Collective bargaining legislation: "Bottom line at the university, we want the state to be committed to competitive wages and good benefits for our employees. Right now it seems to be on a very, very fast track and it's reasonable to expect a fairly large and complete overhaul very soon."

Managing growth: "One question you're probably asking is 'are we going to be bigger or smaller next fall?' We'll be bigger. I think we've done a good job with turning the dials and we're growing at a much more modest pace than we were a couple years ago."

Tuition: "We're still the most affordable university in our peer group, whether you're looking at it from a resident point of view, or a nonresident point of view. We've never gotten the resources in scale with the size that we've grown. The reality is that we could raise [resident] undergraduate tuition eight percent at once and nonresident undergraduate tuition 10 percent at once and still be the lowest of our peer group. So we're trying to make that point that we want to be affordable and we want to be accessible, but we don't necessarily have to be the cheapest."

Executive order impact: "Right now it looks like graduate student applications from outside the U.S. have gone way down -- not just for Iowa State, but it's a phenomenon in the U.S. Until this thing shakes out and calms down, we are going to see a fundamental decline in applications and that's going to affect a number of things in our graduate programs."

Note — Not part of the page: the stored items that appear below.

//! Labels of a map that has the sides of a former version's.

ghost use Rattle.std.specs.Prelude.{◌≡◌, ◌+◌, IfOk, OnOk, IsTrue, IsFalse, ◌↔◌};
ghost use Rattle.moves.specs.Maps.{IsInside, terrain_of};
ghost use Rattle.moves.specs.Components.{IsComponentList};
ghost use Rattle.components.specs.Edits.{HaveSameSides, AreChanged};
ghost use Rattle.version_build.specs.Edited.{AreChangedBefore};

use components::{Labels, label, relabel};
use moves::{Cell, Grid};
use std::alloc::{AllocError, Global};
use versions::Version;

/// The components of a map. Those of a former version with the same sides that no changed cell touches are not flooded
/// again.
pub(crate) fn labels_of(
    alloc: Global,
    former: Option<&Version>,
    grid: &Grid,
) -> Result<Labels, AllocError>
    ensures { IfOk result (λ labels. IsComponentList grid.now labels) }
{
    match former {
        Some(version) => {
            if have_same_sides(version.grid(), grid) {
                labels_after(alloc, version, grid)
            } else {
                label(alloc, grid)
            }
        }
        None => label(alloc, grid),
    }
}

/// The components of a map with the sides of the former version's.
fn labels_after(alloc: Global, former: &Version, grid: &Grid) -> Result<Labels, AllocError>
    requires { HaveSameSides former.now.map grid.now }
    ensures { IfOk result (λ labels. IsComponentList grid.now labels) }
{
    let old = former.grid();
    let changed = changed_cells(alloc, old, grid)?;
    relabel(alloc, former.labels(), old, grid, &changed)
}

/// Whether both maps have the same sides.
fn have_same_sides(a: &Grid, b: &Grid) -> bool
    ensures { IsTrue result ↔ HaveSameSides a.now b.now }
{
    a.width() == b.width() && a.height() == b.height()
}

/// The cells at which something else stands in the one map than in the other, in row-major order.
fn changed_cells(alloc: Global, old: &Grid, new: &Grid) -> Result<Vec<Cell>, AllocError>
    requires { HaveSameSides old.now new.now }
    ensures { IfOk result (λ changed. AreChanged old.now new.now changed.items) }
{
    let mut changed = Vec::new(alloc);
    for row in 0..old.height() {
        push_changed(old, new, row as u16, &mut changed)?;
    }
    Ok(changed)
}

/// Adds those of a row.
fn push_changed(old: &Grid, new: &Grid, row: u16, changed: &mut Vec<Cell>) -> Result<(), AllocError>
    requires sides { HaveSameSides old.now new.now }
    requires before { AreChangedBefore old.now new.now 0 row changed.old.items }
    ensures { OnOk result (AreChangedBefore old.now new.now 0 (row + 1) changed.new.items) }
{
    for column in 0..old.width() {
        let cell = Cell {
            x: column as u16,
            y: row,
        };
        if differ(old, new, cell) {
            changed.push(cell)?;
        }
    }
    Ok(())
}

/// Whether something else stands at the cell in the one map than in the other.
fn differ(old: &Grid, new: &Grid, cell: Cell) -> bool
    requires { HaveSameSides old.now new.now }
    ensures { IsFalse result → IsInside old.now cell → terrain_of new.now cell ≡ terrain_of old.now cell }
{
    old.terrain(cell) != new.terrain(cell)
}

Forever True, For Iowa State $1.1 billion fundraising campaign: "To put it in perspective, if you don't see me on campus, I have to raise $328,000 a day, seven days a week, for the next four and a half years. If you think about that, it takes a lot of time, a lot of energy, and you have to -- unfortunately -- be gone quite a bit to raise these kinds of dollars and you have to go where the people with those resources are. This will be a pretty intense period. The deans and everybody in upper administration are heavily engaged in this."